– Ах, к черту, все к черту! – крикнула она, потому что бой часов – вещь невыносимая для нервной системы, решительно невыносимая, и дальше мы покамест ничего не можем сообщить об Орландо, кроме того, что она хмурилась, превосходно переключала скорости и снова кричала: «Смотреть надо, куда идешь!», «Жизнь, что ли, надоела?» – покуда автомобиль скользил, летел, нырял, сворачивал – она была прекрасный водитель – по Риджент-стрит, Хей-маркету, по Нортумберленд-авеню, через Вестминстерский мост, налево, прямо, направо и снова прямо…

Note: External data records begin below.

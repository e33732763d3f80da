ghost use Rattle.std.specs.Prelude.{◌≡◌, ◌+◌, ◌%◌, ◌^◌};
ghost use Rattle.soak_plan.specs.Draws.{drawn};

use crate::Draws;
use net_link::Dice;
use std::marker::Model;

/// Dice that roll one state after another of a generator of their own, which begins with the seed plus one.
#[derive(Debug, Drop)]
pub struct SeedDice {
    draws: Draws,
}

impl Model for SeedDice {
    ghost use Rattle.std.specs.Prelude.{ℕ};

    ghost Value = { ℕ };

    ghost view = { λ d. d.draws };
}

impl SeedDice {
    /// The dice of a seed.
    pub fn new(seed: u64) -> SeedDice
        ensures { result ≡ (seed + 1) % 2 ^ 64 }
    {
        SeedDice {
            draws: Draws::new(seed.wrapping_add(1)),
        }
    }
}

impl Dice for SeedDice {
    ghost rolls = { λ _. Unit {0} };

    fn word(&mut self) -> u64
        ensures word { result ≡ drawn self.old }
        ensures state { self.new ≡ drawn self.old }
    {
        self.draws.word()
    }
}
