//! What a member of a line says, by the kind of value that it is to have; none where it has another.
ghost use Rattle.std.specs.Prelude.{◌≡◌, IfOk, option_map};
ghost use Rattle.serde_json.specs.Find.{get};
ghost use Rattle.serde_json.specs.View.{number_view, view};
ghost use Rattle.script_text.specs.Members.{name_of};
ghost use Rattle.script_text.specs.Values.{all_at as all_in, change_at as change_in, db_at as db_in, flag_at as flag_in, lane_at as lane_in, lane_number, name_at as name_in, name_from, object_at as object_in, op_in, text_at as text_in};

use crate::Memory;
use crate::member::Member;
use bson_doc::{Name, Text};
use cmd_build::Op;
use serde_json::{Number, Value};
use std::alloc::Global;

/// The greatest number of a lane.
const LANES: u64 = 64;

/// The member's value, where it is there.
pub(crate) fn value_at(value: &Value, member: Member) -> Option<&Value>
    ensures { option_map (λ v. view v.now) result ≡ get (name_of member) (view value.now) }
{
    value.get(member.name())
}

/// The member's text.
pub(crate) fn text_at(value: &Value, member: Member) -> Option<&str>
    ensures { option_map (λ t. t.now) result ≡ text_in member (view value.now) }
{
    match value_at(value, member) {
        Some(text) => text.as_str(),
        None => None,
    }
}

/// What the command does.
pub(crate) fn op_at(value: &Value) -> Option<Op>
    ensures { result ≡ op_in (view value.now) }
{
    match text_at(value, Member::Op) {
        Some(name) => Op::from_name(name),
        None => None,
    }
}

/// The lane, an integer: its number, none where it is not from 1 to 64.
pub(crate) fn lane_at(value: &Value) -> Option<Option<u32>>
    ensures { result ≡ lane_in (view value.now) }
{
    let Some(lane) = value_at(value, Member::Lane) else {
        return None;
    };
    match lane.as_number() {
        Some(number) if !number.is_f64() => Some(number_of_lane(number)),
        _ => None,
    }
}

/// The number of a lane, from 1 to 64.
fn number_of_lane(number: &Number) -> Option<u32>
    ensures { result ≡ lane_number (number_view number.now) }
{
    match number.as_u64() {
        Some(n) if 1 <= n && n <= LANES => Some(n as u32),
        _ => None,
    }
}

/// The member's name of a collection or a database.
pub(crate) fn name_at(alloc: Global, value: &Value, member: Member) -> Result<Option<Name>, Memory>
    ensures { IfOk result (λ n. n ≡ name_in member (view value.now)) }
{
    match text_at(value, member) {
        Some(text) => name_of_text(alloc, text),
        None => Ok(None),
    }
}

/// The text as a name, unless it is empty or has a zero.
pub(crate) fn name_of_text(alloc: Global, text: &str) -> Result<Option<Name>, Memory>
    ensures { IfOk result (λ n. n ≡ name_from text.now) }
{
    if text.is_empty() {
        return Ok(None);
    }
    match Name::new(Text::take(alloc, text)?) {
        Ok(name) => Ok(Some(name)),
        Err(_) => Ok(None),
    }
}

/// The database, where one is named.
pub(crate) fn db_at(alloc: Global, value: &Value) -> Result<Option<Option<Name>>, Memory>
    ensures { IfOk result (λ n. n ≡ db_in (view value.now)) }
{
    if value_at(value, Member::Db).is_none() {
        return Ok(Some(None));
    }
    match name_at(alloc, value, Member::Db)? {
        Some(name) => Ok(Some(Some(name))),
        None => Ok(None),
    }
}

/// The member's object.
pub(crate) fn object_at(value: &Value, member: Member) -> Option<&Value>
    ensures { option_map (λ d. view d.now) result ≡ object_in member (view value.now) }
{
    match value_at(value, member) {
        Some(object) if object.is_object() => Some(object),
        _ => None,
    }
}

/// The member's truth value, false where it is absent.
pub(crate) fn flag_at(value: &Value, member: Member) -> Option<bool>
    ensures { result ≡ flag_in member (view value.now) }
{
    match value_at(value, member) {
        Some(flag) => flag.as_bool(),
        None => Some(false),
    }
}

/// Whether a delete is of all documents that fit, by its limit.
pub(crate) fn all_at(value: &Value) -> Option<bool>
    ensures { result ≡ all_in (view value.now) }
{
    let Some(limit) = value_at(value, Member::Limit) else {
        return Some(false);
    };
    match limit.as_u64() {
        Some(n) if n == 0 => Some(true),
        Some(n) if n == 1 => Some(false),
        _ => None,
    }
}

/// What a findAndModify does with the document: the change, or none where it is removed.
pub(crate) fn change_at(value: &Value) -> Option<Option<&Value>>
    ensures { option_map (λ o. option_map (λ c. view c.now) o) result ≡ change_in (view value.now) }
{
    match value_at(value, Member::Remove) {
        Some(remove) => {
            if remove.as_bool() == Some(true) && value_at(value, Member::Change).is_none() {
                return Some(None);
            }
            None
        }
        None => match object_at(value, Member::Change) {
            Some(change) => Some(Some(change)),
            None => None,
        },
    }
}
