ghost use Rattle.std.specs.Prelude.{◌≡◌, ◌==◌, Ok, IfOk, IfErr};
ghost use Rattle.std.specs.List.{list_all};
ghost use Rattle.script_text.specs.Commands.{line_reading, Stops};
ghost use Rattle.script_text.specs.Lines.{is_blank};

use crate::ScriptKind;
use crate::command::command_of;
use crate::stop::LineStop;
use cmd_build::Command;
use serde_json::Value;
use std::alloc::Global;

/// The command that a line says, or its first fault.
#[tactic(auto, using(crate::proofs::ParsedLemmas::parsed_lemmas))]
pub fn command_in_line(alloc: Global, line: &[u8]) -> Result<Command, LineStop>
    ensures ok { IfOk result (λ c. line_reading line.now ≡ Ok c) }
    ensures stop { IfErr result (λ s. Stops s (line_reading line.now)) }
{
    match Value::from_slice(alloc, line) {
        Ok(value) => command_of(alloc, &value),
        Err(e) if e.is_memory() => Err(LineStop::Memory),
        Err(_) => Err(LineStop::Fault(ScriptKind::Json)),
    }
}

/// Whether the line has nothing but spaces.
pub fn has_only_spaces(line: &[u8]) -> bool
    ensures { result ≡ is_blank line.now }
{
    line.iter().all(|b| *b == b' ')
}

На старой Кент-Роуд в четверг одиннадцатого октября 1928 года было большое движение. Люди запрудили тротуары. Женщины тащили сумки. Бегали дети. В магазинах тканей была распродажа. Улицы расширялись, сужались. Длинные аллеи сходились на горизонте. Вот рынок. Вот похороны. Вот процессия со знаменами, на которых написано аршинными буквами: «Про… Соед» – а дальше-то что? Мясо ужасно красное. В дверях мясники. У женщин каблуки совсем сбиты. «Вино люб…» – над витриной. Из окошка выглядывает женщина, очень тихая, очень задумчивая. «Похоро… принадл». Ничего не увидишь, не прочтешь полностью. Если видишь начало – двое знакомых, например, приветственно машут друг другу через улицу, – никогда не увидишь конца. Уже через двадцать минут душа и тело начинают разлетаться, как клочки и обрывки бумаги из мешка; такая гонка на автомобиле из Лондона напоминает распад на мелкие части самосознания, который предшествует обмороку или даже, возможно, смерти, так что остается открытым вопрос о том, в каком смысле можно сказать об Орландо, что она существует сейчас, в теперешний миг. Нам пришлось бы, пожалуй, определить ее как окончательно распавшуюся личность, если бы вдруг направо не натянулся зеленый тент, на который бумажные клочья стали сыпаться все медленней; а потом налево натянулся другой, и уже различались отдельные хлопья, кружащие в воздухе; и вот справа и слева, с обеих сторон, ровно тянулось зеленое поле, и ум Орландо вновь обрел видимость целостности, способность держать себя в рамках, и она увидела домик, и двор, и четырех коров – и все это в натуральную величину.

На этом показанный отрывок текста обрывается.